Event Handling in Matplotlib

Matplotlib works with various user interface toolkits, including wxPython, Tkinter, Qt, GTK, and MacOSX. To ensure consistent support for interactive features like panning and zooming across different interfaces, Matplotlib uses a GUI-neutral event handling API. This API was initially based on the GTK model, which was the first user interface Matplotlib supported.

Connecting to Events

The main idea behind event handling in Matplotlib is connecting a callback functions to events. A callback function is executed when a specific event, such as a mouse click or key press, occurs. This mechanism enables you to respond to user interactions and implement customized behavior.
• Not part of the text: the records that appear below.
//! A node or a clearinghouse of a host, by one set of calls.
ghost use Rattle.std.specs.Prelude.{◌≡◌, [], length, true};
ghost use Rattle.actors.specs.Called.{HasFile, HouseIsCalled, HouseIsGiven, HouseIsTaken, HouseShows, IsCalled, IsFileHanded, IsHanded, IsTaken, NodeIsCalled, NodeWorks, told_house, told_node, told_outcome, told_value, told_work};

use crate::call::{Call, Seen};
use crate::error::{ActorError, HouseCallError, NodeCallError};
use crate::host_file::FileCalls;
use crate::house_actor::HouseActor;
use crate::node_actor::{NodeActor, Worked};
use disk::Disk;
use ids::{Outcome, Status};
use node_state::State;

/// A node, with the frame that it carried out last by `Call::Work`.
#[derive(Drop)]
pub struct HostNode<'a> {
    pub node: NodeActor<'a>,
    pub last: Option<Worked>,
}

/// A clearinghouse over a host's file, with what waits to be done to it.
#[derive(Drop)]
pub struct HostHouse<'a, D: Disk> {
    pub house: HouseActor<'a, D>,
    pub files: FileCalls,
}

/// An actor of a host, or one that is over.
#[derive(Drop)]
pub enum Actor<'a, D: Disk> {
    Node(HostNode<'a>),
    House(HostHouse<'a, D>),
    Over,
}

impl<'a, D: Disk> Actor<'a, D> {
    /// What is asked of it is done. Of calls that may send: 0, or 1 where it ignored them; of
    /// `Call::Work` 0 where no frame was ready, 1 where one was carried out by its own turn, 2
    /// where by its task's whole value; else what is shown.
    pub fn call(&mut self, call: Call) -> Result<i64, ActorError>
        ensures { IsCalled D.device D.planned call result self.old self.new }
    {
        match self {
            Actor::Node(node) => node.call(call),
            Actor::House(house) => house.call(call),
            Actor::Over => Err(ActorError::NotThis),
        }
    }

    /// What comes in a packet's bytes is done. 0, or 1 where it was ignored.
    pub fn take(&mut self, bytes: &[u8]) -> Result<i64, ActorError>
        ensures { IsTaken D.device D.planned bytes.now result self.old self.new }
    {
        match self {
            Actor::Node(node) => told_of_node(node.node.take(bytes)),
            Actor::House(house) => house.take(bytes),
            Actor::Over => Err(ActorError::NotThis),
        }
    }

    /// Copies the first packet that waits to a buffer that is long enough, and it waits no longer.
    /// How many bytes it has; 0 where none waits. Refused where something waits to be done to the
    /// file.
    pub fn give(&mut self, buffer: &mut [u8]) -> Result<i64, ActorError>
        ensures { IsHanded result buffer.old buffer.new self.old self.new }
    {
        match self {
            Actor::Node(node) => Ok(node.node.give(buffer) as i64),
            Actor::House(house) => house.give(buffer),
            Actor::Over => Err(ActorError::NotThis),
        }
    }

    /// Copies what is to be done next to the file to a buffer that is long enough, as
    /// `FileCalls::give` says, and it waits no longer. How many bytes that has; 0 where nothing
    /// waits.
    pub fn give_file_call(&mut self, buffer: &mut [u8]) -> Result<i64, ActorError>
        ensures length { length buffer.new ≡ length buffer.old }
        ensures handed { IsFileHanded self.old self.new }
        ensures of_house { HasFile self.old result }
    {
        match self {
            Actor::House(house) => Ok(bits(house.files.give(buffer) as u64)),
            Actor::Node(_) | Actor::Over => Err(ActorError::NotThis),
        }
    }
}

/// What is told of a node's call.
fn told_of_node(answer: Result<bool, NodeCallError>) -> Result<i64, ActorError>
    ensures { result ≡ told_node answer }
{
    Ok(i64::from(answer?))
}

/// What is told of a clearinghouse's call.
fn told_of_house(answer: Result<bool, HouseCallError>) -> Result<i64, ActorError>
    ensures { result ≡ told_house answer }
{
    Ok(i64::from(answer?))
}

impl<'a> HostNode<'a> {
    /// What is asked of a node is done.
    fn call(&mut self, call: Call) -> Result<i64, ActorError>
        ensures { NodeIsCalled call result self.old self.new }
    {
        match call {
            Call::Work => self.work(),
            Call::AskHouse => told_of_node(self.node.ask_house()),
            Call::Ask(word) => told_of_node(self.node.ask(word)),
            Call::Resend => told_of_node(self.node.resend()),
            Call::Depart(heir) => told_of_node(self.node.depart(heir)),
            Call::Tick(_) => Err(ActorError::NotThis),
            Call::See(seen) => self.show(seen),
        }
    }

    /// It carries out the ready frame that comes first, which is noted.
    fn work(&mut self) -> Result<i64, ActorError>
        ensures { NodeWorks result self.old self.new }
    {
        let worked = self.node.work()?;
        self.last = worked;
        Ok(told_of_work(&worked))
    }

    /// What it shows of itself.
    fn show(&self, seen: Seen) -> Result<i64, ActorError> {
        match seen {
            Seen::State => Ok(state_of(&self.node)),
            Seen::Ready(count) => match self.node.has_ready(count) {
                Ok(ready) => Ok(i64::from(ready)),
                Err(error) => Err(ActorError::Node(error)),
            },
            Seen::Asked => Ok(i64::from(self.node.node().parts().asker().pending().is_some())),
            Seen::Members => Ok(members(&self.node)),
            Seen::Member(index) => Ok(member(&self.node, index)),
            Seen::Minter | Seen::Grant | Seen::Frame | Seen::Turns => {
                Ok(part_of(&self.last, seen))
            }
            Seen::Outcome | Seen::Value => Err(ActorError::NotThis),
        }
    }
}

/// What is told of a ready frame that was carried out.
fn told_of_work(worked: &Option<Worked>) -> i64
    ensures { result ≡ told_work worked.now }
{
    match worked {
        None => 0,
        Some(worked) => match worked.turns {
            None => 1,
            Some(_) => 2,
        },
    }
}

/// Where a node stands.
fn state_of(node: &NodeActor<'_>) -> i64 {
    match node.node().parts().state() {
        State::Joining => 0,
        State::Member(_) => 1,
        State::Leaving(_, _) => 2,
        State::Ended => 3,
    }
}

/// How many workers a node's roster lists.
fn members(node: &NodeActor<'_>) -> i64 {
    match node.node().parts().state() {
        State::Member(roster) | State::Leaving(roster, _) => bits(roster.members.len() as u64),
        State::Joining | State::Ended => 0,
    }
}

/// One of them, if it is shown live.
fn member(node: &NodeActor<'_>, index: u64) -> i64 {
    let Ok(index) = usize::try_from(index) else {
        return 0;
    };
    match node.node().parts().state() {
        State::Member(roster) | State::Leaving(roster, _) => match roster.members.get(index) {
            Some(member) if member.status == Status::Live => bits(member.incarnation.word()),
            _ => 0,
        },
        State::Joining | State::Ended => 0,
    }
}

/// A number of 64 bits, as a signed one of these bits.
fn bits(number: u64) -> i64 {
    i64::from_le_bytes(number.to_le_bytes())
}

/// A number of the frame that was carried out last.
fn part_of(last: &Option<Worked>, seen: Seen) -> i64 {
    let Some(last) = last else {
        return 0;
    };
    match seen {
        Seen::Minter => bits(last.minter),
        Seen::Grant => bits(last.number),
        Seen::Frame => bits(last.frame),
        _ => bits(last.turns.unwrap_or(0)),
    }
}

impl<'a, D: Disk> HostHouse<'a, D> {
    /// Whether nothing waits for the host.
    fn is_clear(&self) -> bool
        ensures { result ≡ true → self.now.house.waits ≡ [] }
    {
        self.files.is_empty() && self.house.is_clear()
    }

    /// What is asked of a clearinghouse is done.
    fn call(&mut self, call: Call) -> Result<i64, ActorError>
        ensures { HouseIsCalled D.device D.planned call result self.old self.new }
    {
        match call {
            Call::Tick(now) => {
                if !self.is_clear() {
                    return Err(ActorError::Unsent);
                }
                told_of_house(self.house.tick(now))
            }
            Call::See(seen) => self.show(seen),
            _ => Err(ActorError::NotThis),
        }
    }

    /// What comes in a packet's bytes is done.
    fn take(&mut self, bytes: &[u8]) -> Result<i64, ActorError>
        ensures { HouseIsTaken D.device D.planned bytes.now result self.old self.new }
    {
        if !self.is_clear() {
            return Err(ActorError::Unsent);
        }
        told_of_house(self.house.take(bytes))
    }

    /// The first packet that waits is given.
    fn give(&mut self, buffer: &mut [u8]) -> Result<i64, ActorError>
        ensures { HouseIsGiven result buffer.old buffer.new self.old self.new }
    {
        if !self.files.is_empty() {
            return Err(ActorError::Unsent);
        }
        Ok(self.house.give(buffer) as i64)
    }

    /// What it shows of itself.
    fn show(&self, seen: Seen) -> Result<i64, ActorError>
        ensures { HouseShows seen result self.now.house }
    {
        match seen {
            Seen::State => Ok(if self.house.house().outcome().is_ok() {
                4
            } else {
                5
            }),
            Seen::Outcome => match self.house.house().outcome() {
                Ok(outcome) => Ok(told_of_outcome(&outcome)),
                Err(error) => Err(ActorError::House(error)),
            },
            Seen::Value => match self.house.house().outcome() {
                Ok(outcome) => Ok(value_of(&outcome)),
                Err(error) => Err(ActorError::House(error)),
            },
            _ => Err(ActorError::NotThis),
        }
    }
}

/// Whether there is an outcome, and which kind.
fn told_of_outcome(outcome: &Option<Outcome>) -> i64
    ensures { result ≡ told_outcome outcome.now }
{
    match outcome {
        None => 0,
        Some(Outcome::Value(_)) => 1,
        Some(Outcome::TooDeep) => 2,
    }
}

/// The value of an outcome.
fn value_of(outcome: &Option<Outcome>) -> i64
    ensures { result ≡ told_value outcome.now }
{
    match outcome {
        Some(Outcome::Value(value)) => *value,
        Some(Outcome::TooDeep) | None => 0,
    }
}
If needed, you can disconnect the callback using the connection ID obtained from the mpl_connect method.

fig.canvas.mpl_disconnect(cid)

Example

This example demonstrates a basic implementation that prints the mouse click location and the pressed button on a Matplotlib plot.

import matplotlib.pyplot as plt
import numpy as np

# Generate sample data
x = np.linspace(0, 10, 100)
y = np.sin(x)

# Create a Matplotlib figure and axis
fig, ax = plt.subplots(figsize=(7, 4))

# Plot the data
ax.plot(x, y)

# Define a callback function to handle events
def onclick(event):
   print('%s click: button=%d, x=%d, y=%d, xdata=%f, ydata=%f' %
      ('double' if event.dblclick else 'single', event.button,
      event.x, event.y, event.xdata, event.ydata))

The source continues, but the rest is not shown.